# bipod



## Sask hunter (Sep 11, 2008)

Does anyone have a pivoting bipod? Can you make running shots from them ? I have a regular bipod but it is to hard to swing and shoot from for running shots and I don't want to have to carry in shooting sticks. Would you recommend getting one? Thanks in advance


----------



## Snowgooser (Mar 28, 2008)

I think Harris has one that swivels.


----------



## Kelly Hannan (Jan 9, 2007)

I have one and they help, but don't turn that much. The pivot and swivel features are excellent, I wouldn't buy one without


----------



## Fallguy (Jan 23, 2004)

Pivoting bipods are great. I own a Shooter's Ridge one (Harris knockoff). Spend the money right away and get the Harris. I have had to jimmy-rig mine to keep it in working. As far as helping you make a running shot? I am not sure...I can't make a running shot if my life depended on it!


----------



## kingcanada (Sep 19, 2009)

runners from a bipod? pretty tough. i once made my own bipod that would allow me to pan left and right. i wouldn't say it was any easier for running dogs. i have tried about everything i can think of and prefer to rest my rifle on a knee (from a sitting, not kneeling position) with my hand holding the rifle fore-end when i deal with runners. a rest of any type seems to reduce my hits on running dogs. the one exception is when shooting prone over a fanny pack stuffed with soft items. a running shot usually involves tracking on all three axis, a rest usually inhibits movement on at least one. but that is just my experience, your shooting technique may be different.


----------



## kirsch (Jul 6, 2009)

I mentioned Versa-pod on a previous post and the Harris lovers seemed shocked anyone would want anything else. For me, they do allow a great deal of pivot/swing and are easy to get on and off but still allow the stability when needed. They have been a great investment.


----------



## duckp (Mar 13, 2008)

I occasionally use the 'swivilling' Harris.It can work on runners depending on distance and angle.If they are far away or just angling away it can work but it tends to rush me cause I know I'll soon be out of room.Most of the time that requires me to lift and swing with the bipod off the ground.
Thus,if I'm using a bipod at all,its usually a snipe pod which does work.
http://www.snipepod.com/


----------



## xdeano (Jan 14, 2005)

why are you shooting at running dogs anyhow? You're odds of hitting such an animal goes down considerably. If you call in and shoot one, and the other runs off, what do you think is better?

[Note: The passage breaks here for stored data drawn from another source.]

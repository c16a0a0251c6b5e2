//! Reading the text of a declaration, line after line.
ghost use Rattle.std.specs.Prelude.{◌≡◌, ◌<◌, ◌≤◌, ◌+◌, ◌⊎◌, ℕ, length, IfOk, IfErr, OnOk};
ghost use Rattle.pw_info.specs.Lines.{lines_of};
ghost use Rattle.pw_procs.specs.Registry.{procedures_in};
ghost use Rattle.pw_decl.specs.declared.decl_fault.DeclFaultKind.{DeclFaultKind as FaultKind};
ghost use Rattle.pw_decl.specs.declared.decl_fault.DeclFaultKind.TheVariants.{Memory};
ghost use Rattle.pw_decl.specs.BuiltIn.{HasPrelude};
ghost use Rattle.pw_decl.specs.Declaration.{Declared, Outside};
ghost use Rattle.pw_decl.specs.Faults.{Leads, PreludeDeclares, SpellsDeclaration, IsUnfinished};
ghost use Rattle.pw_decl.specs.Faults.{IsFirstFault, IsFaultOfPrelude, IsClearUpTo};
ghost use Rattle.pw_decl.specs.Faults.{IsClearInPrelude, IsReportedAmong, HasNoFaultUpTo};
ghost use Rattle.pw_decl.specs.Faults.{IsReported, IsReadAs, IsFaultAt};
ghost use Rattle.pw_decl.specs.Limits.{most_text_bytes};
ghost use Rattle.pw_decl.specs.inside.Fields.{declared};
ghost use Rattle.pw_decl.specs.inside.Opened.{IsWellPlaced};
ghost use Rattle.pw_decl.specs.inside.Fields.{placed};
ghost use Rattle.pw_decl.specs.Declaration.{DeclaresNothing};

use crate::built_in::prelude;
use crate::compound::Place;
use crate::decl_fault::{DeclFault, DeclFaultKind};
use crate::declaration::Declaration;
use crate::line::read_declaration_line;
use pw_info::TextLines;
use pw_procs::Registry;
use std::alloc::Allocator;

const MOST_TEXT_BYTES: usize = 1_048_576;

// Whether a declaration may end at this place, after this many lines.
fn finish<A: Allocator + Copy>(place: Place<A>, lines: u32) -> Result<(), DeclFault>
    requires { lines < 4294967295 }
    ensures ok { (d : Declared) → OnOk result (placed d place ≡ Outside d) }
    ensures err { (d : Declared) → IfErr result (λ fault.
        IsUnfinished (placed d place) fault.why × (fault.line ≡ lines + 1)) }
{
    let why = match place {
        Place::BeforeHeader => DeclFaultKind::Syntax,
        Place::Outside => return Ok(()),
        Place::Inside(_) => DeclFaultKind::MissingEnd,
    };
    Err(DeclFault {
        line: lines + 1,
        why,
    })
}

// Reads the lines of a text that is not too long, to its end, and adds what they declare.
fn read_lines<A: Allocator + Copy>(
    alloc: A,
    declaration: &mut Declaration<'_, A>,
    mut place: Place<A>,
    text: &[u8],
) -> Result<(), DeclFault>
    requires kept { IsWellPlaced (declared declaration.old) place }
    requires short { length text.now ≤ most_text_bytes }
    ensures ok { OnOk result (Leads (placed (declared declaration.old) place) (lines_of text.now)
        (Outside (declared declaration.new))) }
    ensures err { IfErr result (λ fault.
        IsReportedAmong (placed (declared declaration.old) place) (lines_of text.now) fault) }
    ensures memory { IfErr result (λ fault. fault.why ≡ Memory
        → IsClearUpTo (placed (declared declaration.old) place) (lines_of text.now) fault.line) }
{
    let mut count = 0u32;
    let mut lines = TextLines::new(text);
    while let Some(line) = lines.next() {
        count += 1;
        place = match read_declaration_line(alloc, declaration, place, line) {
            Ok(next) => next,
            Err(why) => return Err(DeclFault { line: count, why }),
        };
    }
    finish(place, count)
}

// Reads the compounds that every declaration has, into an empty declaration.
fn read_prelude<A: Allocator + Copy>(
    alloc: A,
    declaration: &mut Declaration<'_, A>,
) -> Result<(), DeclFaultKind>
    requires nothing { DeclaresNothing (declared declaration.old) }
    ensures ok { OnOk result (PreludeDeclares (declared declaration.old).procedures
        (declared declaration.new)) }
    ensures err { IfErr result (λ why.
        (why ≡ Memory) ⊎ IsFaultOfPrelude (declared declaration.old).procedures why) }
    ensures memory { IfErr result (λ why.
        why ≡ Memory → IsClearInPrelude (declared declaration.old).procedures) }
{
    match read_lines(alloc, declaration, Place::Outside, prelude()) {
        Ok(()) => Ok(()),
        Err(fault) => Err(fault.why),
    }
}

// Reads a text that is not too long into an empty declaration: first what every declaration has,
// and then the lines of the text.
fn read_text<A: Allocator + Copy>(
    alloc: A,
    declaration: &mut Declaration<'_, A>,
    text: &[u8],
) -> Result<(), DeclFault>
    requires nothing { DeclaresNothing (declared declaration.old) }
    requires short { length text.now ≤ most_text_bytes }
    ensures ok { OnOk result (SpellsDeclaration (declared declaration.old).procedures text.now
        (declared declaration.new)) }
    ensures err { IfErr result (λ fault.
        IsReported (declared declaration.old).procedures text.now fault) }
    ensures memory { IfErr result (λ fault. fault.why ≡ Memory
        → HasNoFaultUpTo (declared declaration.old).procedures text.now fault.line) }
{
    if let Err(why) = read_prelude(alloc, declaration) {
        return Err(DeclFault { line: 0, why });
    }
    read_lines(alloc, declaration, Place::BeforeHeader, text)
}

/// Reads a declaration over a registry, whose procedures its compounds call.
///
/// The result is what the text spells, or its first fault, or `DeclFaultKind::Memory` at the line
/// at which memory ran out: that line has no fault, and neither has any line before it. A text of
/// more than 1,048,576 bytes is at fault as a whole, at line 0. The compounds `sum`, `product` and
/// `conditional` are read before the first line, and their faults are reported at line 0: unknown
/// name or wrong arguments, if the registry lacks a procedure that they call, or has another under
/// its name.
pub fn read_declaration<'r, A: Allocator + Copy>(
    alloc: A,
    text: &[u8],
    registry: &'r Registry,
) -> Result<Declaration<'r, A>, DeclFault>
    ensures ok { IfOk result (λ declaration.
        SpellsDeclaration (procedures_in registry.entry.now) text.now (declared declaration)) }
    // The compounds `sum`, `product` and `conditional` come first.
    ensures prelude { IfOk result (λ declaration. HasPrelude (declared declaration)) }
    ensures err { IfErr result (λ fault. IsReported (procedures_in registry.entry.now) text.now
        fault) }
    // Out of memory is reported at a line that has no fault, and the lines before it have none.
    ensures memory { IfErr result (λ fault. fault.why ≡ Memory
        → HasNoFaultUpTo (procedures_in registry.entry.now) text.now fault.line) }
    // A text that spells a declaration is read as that declaration, unless memory runs out.
    ensures only_ok { (d : Declared)
        → SpellsDeclaration (procedures_in registry.entry.now) text.now d → IsReadAs d result }
    // For a text that has a first fault, that fault is reported, unless memory runs out.
    ensures only_fault { (line : ℕ) (why : FaultKind) → IsFirstFault
        (procedures_in registry.entry.now) text.now line why → IsFaultAt line why result }
{
    if text.len() > MOST_TEXT_BYTES {
        return Err(DeclFault {
            line: 0,
            why: DeclFaultKind::Limit,
        });
    }
    let mut declaration = Declaration::new(alloc, registry);
    read_text(alloc, &mut declaration, text).and(Ok(declaration))
}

A. shooting out of frusteration at the getaway just to wise him up, in a faint hope that you might get close.
B. leave him alone and you may have a secondary chance of calling him in at a later date.

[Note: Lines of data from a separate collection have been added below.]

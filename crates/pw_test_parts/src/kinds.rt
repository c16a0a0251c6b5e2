//! Tests of intervals, members and exact numbers. A function tries one row, and a test goes through
//! the rows.

use pw_kinds::{Exact, Interval, Members};
use std::process::Abort;
use std::test::Fail;

fn from_to(lo: i64, hi: i64) -> Result<Interval, Fail> {
    Ok(Interval::new(lo, hi).ok_or("no such interval")?)
}

// Checks that an interval has these ends.
fn has_ends<R: Abort>(rt: &R, lo: i64, hi: i64) -> Result<(), Fail> {
    let interval = from_to(lo, hi)?;
    assert!(rt; !interval.is_empty(), "from {lo} to {hi}");
    assert!(rt;
        interval.lo() == lo && interval.hi() == hi,
        "from {lo} to {hi}"
    );
    Ok(())
}

#[test]
fn new_takes_ends_in_order_and_in_range(rt: HostRuntime) -> Result<(), Fail> {
    for (lo, hi) in [
        (9, 3),
        (-1_000_001, 0),
        (0, 1_000_001),
        (1_000_001, 1_000_001),
        (5, 4),
    ] {
        assert!(rt; Interval::new(lo, hi).is_none(), "from {lo} to {hi}");
    }
    for (lo, hi) in [(-1_000_000, 1_000_000), (5, 5), (-3, 4)] {
        has_ends(&rt, lo, hi)?;
    }
    Ok(())
}

#[test]
fn whole_and_empty(rt: HostRuntime) -> Result<(), Fail> {
    let whole = from_to(-1_000_000, 1_000_000)?;
    assert!(rt; Interval::whole() == whole && !whole.is_empty());
    assert!(rt; Interval::empty().is_empty());
    Ok(())
}

#[test]
fn interval_as_text(rt: HostRuntime) -> Result<(), Fail> {
    let text = format!(in rt.alloc(); "{:?}", from_to(-3, 4)?)?;
    assert_eq!(rt; text.as_str(), "Interval { lo: -3, hi: 4 }");
    Ok(())
}

// The interval of these ends; the empty one if there is none.
fn interval(ends: (i64, i64)) -> Interval {
    Interval::new(ends.0, ends.1).unwrap_or(Interval::empty())
}

#[test]
fn intervals_meet(rt: HostRuntime) {
    for (one, other, want) in [
        ((1, 2), (3, 4), (1, 0)),
        ((5, 9), (0, 7), (5, 7)),
        ((-2, 3), (-2, 3), (-2, 3)),
    ] {
        let met = interval(one).meet(interval(other));
        assert!(rt; met == interval(want), "{one:?} and {other:?}");
    }
}

#[test]
fn intervals_within(rt: HostRuntime) {
    for (one, other, want) in [
        ((5, 7), (5, 9), true),
        ((5, 9), (5, 7), false),
        ((1, 0), (5, 7), true),
        ((1, 0), (1, 0), true),
        ((5, 7), (1, 0), false),
        ((5, 9), (1, 0), false),
    ] {
        let is_within = interval(one).within(interval(other));
        assert!(rt; is_within == want, "{one:?} in {other:?}");
    }
}

fn members(size: u8, mask: u128) -> Result<Members, Fail> {
    Ok(Members::of(size, mask).ok_or("no such members")?)
}

// Checks that members have this size and this mask.
fn has_mask<R: Abort>(rt: &R, size: u8, mask: u128) -> Result<(), Fail> {
    let made = members(size, mask)?;
    assert!(rt;
        made.size() == size && made.mask() == mask,
        "{mask} of {size}"
    );
    Ok(())
}

#[test]
fn of_takes_masks_below_the_size(rt: HostRuntime) -> Result<(), Fail> {
    for (size, mask) in [
        (0, 0),
        (1, 1),
        (129, 0),
        (255, 1),
        (2, 4),
        (3, 9),
        (63, 1 << 63),
        (127, 1 << 127),
    ] {
        assert!(rt; Members::of(size, mask).is_none(), "{mask} of {size}");
    }
    for (size, mask) in [
        (2, 0),
        (2, 3),
        (3, 5),
        (64, 1 << 63),
        (127, 1 << 126),
        (128, u128::MAX),
    ] {
        has_mask(&rt, size, mask)?;
    }
    Ok(())
}

// Checks that all members of a set have this mask.
fn is_full<R: Abort>(rt: &R, size: u8, mask: u128) -> Result<(), Fail> {
    assert!(rt; size >= 2 && size <= 128);
    let full = Members::full(size);
    assert!(rt; full == members(size, mask)?, "of {size}");
    assert!(rt; full.is_full() && !full.is_empty(), "of {size}");
    Ok(())
}

// Checks that no members of a set have the mask 0.
fn is_empty<R: Abort>(rt: &R, size: u8) -> Result<(), Fail> {
    assert!(rt; size >= 2 && size <= 128);
    let none = Members::empty(size);
    assert!(rt; none == members(size, 0)?, "of {size}");
    assert!(rt; none.is_empty() && !none.is_full(), "of {size}");
    Ok(())
}

#[test]
fn full_and_empty(rt: HostRuntime) -> Result<(), Fail> {
    for (size, mask) in [(2, 3), (3, 7), (127, u128::MAX >> 1), (128, u128::MAX)] {
        is_full(&rt, size, mask)?;
        is_empty(&rt, size)?;
    }
    assert!(rt; !members(3, 3)?.is_full());
    assert!(rt; members(2, 3)?.is_full());
    Ok(())
}

#[test]
fn members_as_text(rt: HostRuntime) -> Result<(), Fail> {
    let text = format!(in rt.alloc(); "{:?}", members(3, 5)?)?;
    assert_eq!(rt; text.as_str(), "Members { size: 3, mask: 5 }");
    Ok(())
}

#[test]
fn contains_each_place(rt: HostRuntime) -> Result<(), Fail> {
    for (size, mask, place, want) in [
        (3, 5, 0, true),
        (3, 5, 1, false),
        (3, 5, 2, true),
        (3, 7, 3, false),
        (64, 1 << 63, 63, true),
        (128, 1 << 127, 127, true),
        (128, 1 << 127, 63, false),
        (128, u128::MAX, 128, false),
        (128, u128::MAX, 255, false),
    ] {
        assert_eq!(rt;
            members(size, mask)?.contains(place),
            want,
            "{place} in {mask} of {size}"
        );
    }
    Ok(())
}

// Checks the members with one more at this place.
fn is_with_one_more<R: Abort>(
    rt: &R,
    size: u8,
    mask: u128,
    place: u8,
    want: u128,
) -> Result<(), Fail> {
    let made = members(size, mask)?;
    assert!(rt; place < made.size());
    let wanted = members(size, want)?;
    assert!(rt; made.with(place) == wanted, "{place} to {mask} of {size}");
    Ok(())
}

#[test]
fn with_one_more(rt: HostRuntime) -> Result<(), Fail> {
    for (size, mask, place, want) in [
        (3, 0b001, 2u8, 0b101),
        (3, 0b101, 2, 0b101),
        (64, 1, 63, 1 << 63 | 1),
        (128, 1, 127, 1 << 127 | 1),
    ] {
        is_with_one_more(&rt, size, mask, place, want)?;
    }
    Ok(())
}

// Checks what two parts of three members have in common, and whether one is within the other.
fn members_compare<R: Abort>(
    rt: &R,
    one: u128,
    other: u128,
    both: u128,
    within: bool,
) -> Result<(), Fail> {
    let (own, others) = (members(3, one)?, members(3, other)?);
    assert!(rt; own.size() == others.size());
    let met = members(3, both)?;
    assert!(rt; own.meet(others) == met, "{one} and {other}");
    assert!(rt; own.within(others) == within, "{one} in {other}");
    Ok(())
}

#[test]
fn members_meet_and_within(rt: HostRuntime) -> Result<(), Fail> {
    for (one, other, both, within) in [
        (0b101, 0b110, 0b100, false),
        (0b010, 0b110, 0b010, true),
        (0b110, 0b010, 0b010, false),
        (0b001, 0b110, 0b000, false),
        (0b000, 0b110, 0b000, true),
        (0b111, 0b111, 0b111, true),
    ] {
        members_compare(&rt, one, other, both, within)?;
    }
    Ok(())
}

fn one(n: i64) -> Result<Exact, Fail> {
    Ok(Exact::one(n).ok_or("no such number")?)
}

// Checks that an exact number is this one.
fn is_number<R: Abort>(rt: &R, n: i64) -> Result<(), Fail> {
    let exact = one(n)?;
    assert!(rt; exact.number() == Some(n), "{n}");
    assert!(rt; !exact.is_any() && !exact.is_empty(), "{n}");
    Ok(())
}

#[test]
fn one_takes_numbers_in_range(rt: HostRuntime) -> Result<(), Fail> {
    for n in [-1_000_000_001, 1_000_000_001, i64::MIN, i64::MAX] {
        assert!(rt; Exact::one(n).is_none(), "{n}");
    }
    for n in [-1_000_000_000, -1, 0, 7, 1_000_000_000] {
        is_number(&rt, n)?;
    }
    Ok(())
}

#[test]
fn any_and_none(rt: HostRuntime) -> Result<(), Fail> {
    let (any, none) = (Exact::any(), Exact::none());
    assert!(rt; any.is_any() && !any.is_empty());
    assert!(rt; none.is_empty() && !none.is_any());
    assert_eq!(rt; (any.number(), none.number()), (None, None));
    let text = format!(in rt.alloc(); "{:?} {any:?} {none:?}", one(-3)?)?;
    assert_eq!(rt; text.as_str(), "One(Number { value: -3 }) Any Empty");
    Ok(())
}

// Checks what two exact values have in common, and whether one is within the other.
fn exact_values_compare<R: Abort>(rt: &R, own: Exact, other: Exact, both: Exact, within: bool) {
    assert!(rt; own.meet(other) == both, "{own:?} and {other:?}");
    assert!(rt; own.within(other) == within, "{own:?} in {other:?}");
}

#[test]
fn exact_values_meet_and_within(rt: HostRuntime) -> Result<(), Fail> {
    let (any, none, seven, eight) = (Exact::any(), Exact::none(), one(7)?, one(8)?);
    for (own, other, both, within) in [
        (seven, seven, seven, true),
        (seven, eight, none, false),
        (seven, any, seven, true),
        (any, seven, seven, false),
        (any, any, any, true),
        (none, any, none, true),
        (any, none, none, false),
        (none, seven, none, true),
        (seven, none, none, false),
        (none, none, none, true),
    ] {
        exact_values_compare(&rt, own, other, both, within);
    }
    Ok(())
}
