//! Declarations: reads a text, and gives what it declares, or its first fault.
#![tactic(auto)]

mod built_in;
mod compound;
mod compound_line;
mod decl_fault;
mod declaration;
mod flat_call;
mod flattening;
pub mod laws;
mod line;
mod sentence;
mod set_line;
mod step;
mod text;
mod version;

pub use decl_fault::{DeclFault, DeclFaultKind};
pub use declaration::Declaration;
pub use flat_call::{FlatCall, cell_at, place_cells};
pub use step::{Callable, Step};
pub use text::read_declaration;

If you say B then you're on the right track. He won't give you a look back if you are constantly shoot at him, I know i sure wouldn't anyhow. If you say A, go to the range and start shooting your frustration out. This game is not for the foolish.

xdeano


----------



## Longshot (Feb 9, 2004)

If the running shot is one I am confident to make, I will take it. As far a using a bipod for a running shot, I feel they are too limited in movement to use in that instance.


----------



## duckp (Mar 13, 2008)

I shoot at runners to kill em.
As to bipods,the 'pod' works,but practice kneeling or offhand works better for me.


----------



## kingcanada (Sep 19, 2009)

the last few years i have shot many runners, most were running at me or the crow decoy. some dogs just won't stop no matter what you do (except whack 'em!). these are usually shots well under 100 yards. the remainder have been attempts at a double. once you shoot the coyote's mate from right in front of it, that dog is already educated. the best way to keep it from spreading the news is to kill it. not an easy task and it takes a lot of practice, but at this point an attempt is worthwhile. you won't be making it any smarter after what it has just witnessed any way. for running shots i prefer to shoot from a sitting position and use my knee(s) as the rest. much smoother and easier to track the runner.


----------